RAPL wurde so konfiguriert, dass der Stromverbrauch auch ohne Administrationsrechte mitprotokolliert werden kann. Das bedeutet, dass sich die Messwerte ohne jegliche Berechtigungen auslesen lassen.
Zum anderen missbraucht die Gruppe Intels Sicherheitsfunktion „Software Guard Extensions“ (SGX). Diese Software verlagert Daten und kritische Programme in eine isolierte Umgebung (sogenannte Enklaven), wo sie auch dann sicher sind und ausgeführt werden können, wenn das Betriebssystem bereits kompromittiert ist.
Kombination für (un)erwünschtes Ergebnis
Die Forschenden führten diese beiden Techniken nun in ihren Angriffsmethoden zusammen. Mithilfe eines kompromittierten Betriebssystems, das auf Intel SGX abzielt, brachten sie den Prozessor dazu, innerhalb einer SGX-Enklave gewisse Befehle zigtausend-fach auszuführen.
Über das RAPL-Interface wurde der Stromverbrauch jedes einzelnen dieser Befehle gemessen. Die Schwankungen der Messwerte lieferten schließlich Rückschlüsse auf Daten und den kryptografischen Schlüssel. In weiteren Szenarien zeigte das Team zudem, dass auch Angreifende ohne Administrationsrechte das Betriebssystem attackieren und von dort geheime Daten stehlen können.
Behebung durch Sicherheitsupdates
Bereits im November 2019 haben die TU-Graz-Informatiker Moritz Lipp, Andreas Kogler und Daniel Gruss gemeinsam mit ihrem Ex-Kollegen Michael Schwarz und David Oswald von der University of Birmingham Intel und AMD über ihre Entdeckungen informiert.

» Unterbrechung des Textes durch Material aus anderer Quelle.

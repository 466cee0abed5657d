//! `logfail G`.
ghost use Rattle.std.specs.Prelude.{ℕ};
ghost use Rattle.script_world.specs.Sound.{IsKeptWorld};
ghost use Rattle.world_transfers.specs.Transfers.{logfail_line};
ghost use Rattle.world_turns.specs.Answers.{Acts};

use fault_script::LineFault;
use ft_base::{Name, NoMemory};
use ft_report::ReportLines;
use script_world::World;
use world_turns::{Named, gone, group_called};

/// `logfail G`
pub fn logfail_line(world: &mut World, name: &Name) -> Result<ReportLines, LineFault>
    requires { IsKeptWorld world.old }
    ensures { (calls : ℕ) → Acts (logfail_line world.old name.now) result world.old world.new calls calls }
{
    let place = match group_called(world, name) {
        Named::There(place) => place,
        Named::Deleted(_) => return gone(world),
        Named::Never => return Err(LineFault::Unknown),
    };
    match world.fail_log_at(place) {
        Ok(()) => Ok(ReportLines::new(world.alloc())),
        Err(NoMemory) => Err(LineFault::NoMemory),
    }
}
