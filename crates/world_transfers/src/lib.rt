//! Lines of a script about states, updates and logs that fail: `checkpoint`, `update`, `logfail`. (Chapter 23, Logging and
//! Recovery Management.)
//!
//! `examples/warm-backup.script` has both.
#![tactic(auto)]

mod checkpoints;
mod failures;
mod updates;

pub use checkpoints::checkpoint_line;
pub use failures::logfail_line;
pub use updates::update_line;
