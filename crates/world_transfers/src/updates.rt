//! `update G`.
ghost use Rattle.std.specs.Prelude.{◌≡◌, ℕ, ◌<◌, Some, length, slice_get};
ghost use Rattle.std.specs.List.{AllByRecursion};
ghost use Rattle.ft_base.specs.declared.limits.TheConstants.{HOST_LIMIT};
ghost use Rattle.group_model.specs.Sending.{sent_by};
ghost use Rattle.script_groups.specs.Groups.{ScriptGroup as Group, placed};
ghost use Rattle.script_groups.specs.Takers.{update_taker};
ghost use Rattle.script_world.specs.Sound.{IsKeptWorld, IsOnItsWay};
ghost use Rattle.script_world.specs.World.{carried};
ghost use Rattle.world_transfers.specs.Transfers.{update_by, update_line, updated};
ghost use Rattle.world_turns.specs.Answers.{Acts, Does};

use fault_script::LineFault;
use ft_base::{HostNo, Name, NoMemory, Steps};
use ft_report::{ReportLine, ReportLines};
use group_model::{Event, GroupAnswer};
use script_groups::takers_may_take;
use script_world::World;
use std::sync::ledger::Ledger;
use world_turns::{Named, gone, group_called, one_line, send_all};

// What the group at this place, which has had the event, made of it.
fn updated(
    world: &mut World,
    place: usize,
    host: HostNo,
    answer: GroupAnswer,
) -> Result<ReportLines, NoMemory>
    requires within { place < length world.old.groups }
    requires kept { IsKeptWorld world.old }
    requires sent { (g : Group) → slice_get world.old.groups place ≡ Some g → AllByRecursion (λ o. IsOnItsWay world.old.groups (carried g.id o)) (sent_by answer) }
    ensures { (g : Group) (calls : ℕ) → slice_get world.old.groups place ≡ Some g → Does (updated world.old host g answer) result world.new calls calls }
{
    let alloc = world.alloc();
    let name = world.group(place).name().copy(alloc)?;
    match answer {
        GroupAnswer::Taken {
            from: base,
            position,
            out,
        } => {
            let id = world.group(place).id();
            let group = name.copy(alloc)?;
            let line = ReportLine::Updated {
                group,
                host,
                base,
                position,
            };
            let mut report = one_line(alloc, line)?;
            send_all(world, &mut report, id, &name, host, out)?;
            Ok(report)
        }
        _ => one_line(alloc, ReportLine::UpdateNone { group: name }),
    }
}

// This host sends an update of the group at this place.
fn update_at<L: Ledger>(
    world: &mut World,
    place: usize,
    host: HostNo,
    steps: &mut Steps<L>,
) -> Result<ReportLines, NoMemory>
    requires within { place < length world.old.groups }
    requires host { host.0 < HOST_LIMIT }
    requires takes { (g : Group) → slice_get world.old.groups place ≡ Some g → update_taker g ≡ Some host }
    requires kept { IsKeptWorld world.old }
    ensures { (g : Group) → slice_get world.old.groups place ≡ Some g →
        Does (update_by world.old (placed place g) (Some host)) result world.new steps.old steps.new }
{
    takers_may_take();
    world.group(place).is_sound();
    let event = Event::SendUpdate(host);
    match world.event_at(place, event, steps) {
        GroupAnswer::NoMemory => Err(NoMemory),
        answer => updated(world, place, host, answer),
    }
}

// The group at this place sends an update, if it has who does.
fn update<L: Ledger>(
    world: &mut World,
    place: usize,
    steps: &mut Steps<L>,
) -> Result<ReportLines, NoMemory>
    requires within { place < length world.old.groups }
    requires kept { IsKeptWorld world.old }
    ensures { (g : Group) → slice_get world.old.groups place ≡ Some g →
        Does (update_by world.old (placed place g) (update_taker g)) result world.new steps.old steps.new }
{
    takers_may_take();
    let group = world.group(place);
    group.is_sound();
    if let Some(host) = group.update_taker() {
        return update_at(world, place, host, steps);
    }
    let group = world.group(place).name().copy(world.alloc())?;
    one_line(world.alloc(), ReportLine::UpdateNone { group })
}

/// `update G`
pub fn update_line<L: Ledger>(
    world: &mut World,
    name: &Name,
    steps: &mut Steps<L>,
) -> Result<ReportLines, LineFault>
    requires { IsKeptWorld world.old }
    ensures { Acts (update_line world.old name.now) result world.old world.new steps.old steps.new }
{
    let place = match group_called(world, name) {
        Named::There(place) => place,
        Named::Deleted(_) => return gone(world),
        Named::Never => return Err(LineFault::Unknown),
    };
    match update(world, place, steps) {
        Ok(report) => Ok(report),
        Err(NoMemory) => Err(LineFault::NoMemory),
    }
}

Die Unternehmen haben jetzt Lösungen erarbeitet, die von den Nutzern unbedingt eingespielt werden sollten.
Ein Sicherheitsupdate erlaubt den Zugriff auf den RAPL-Messzähler dann nur noch mit Administratorenrechten. Und weitere Updates für die betroffenen Prozessoren selbst sorgen dafür, dass der Stromverbrauch so zurückgegeben wird, dass die feinen Unterschiede in den Befehlen nicht mehr erkennbar sind.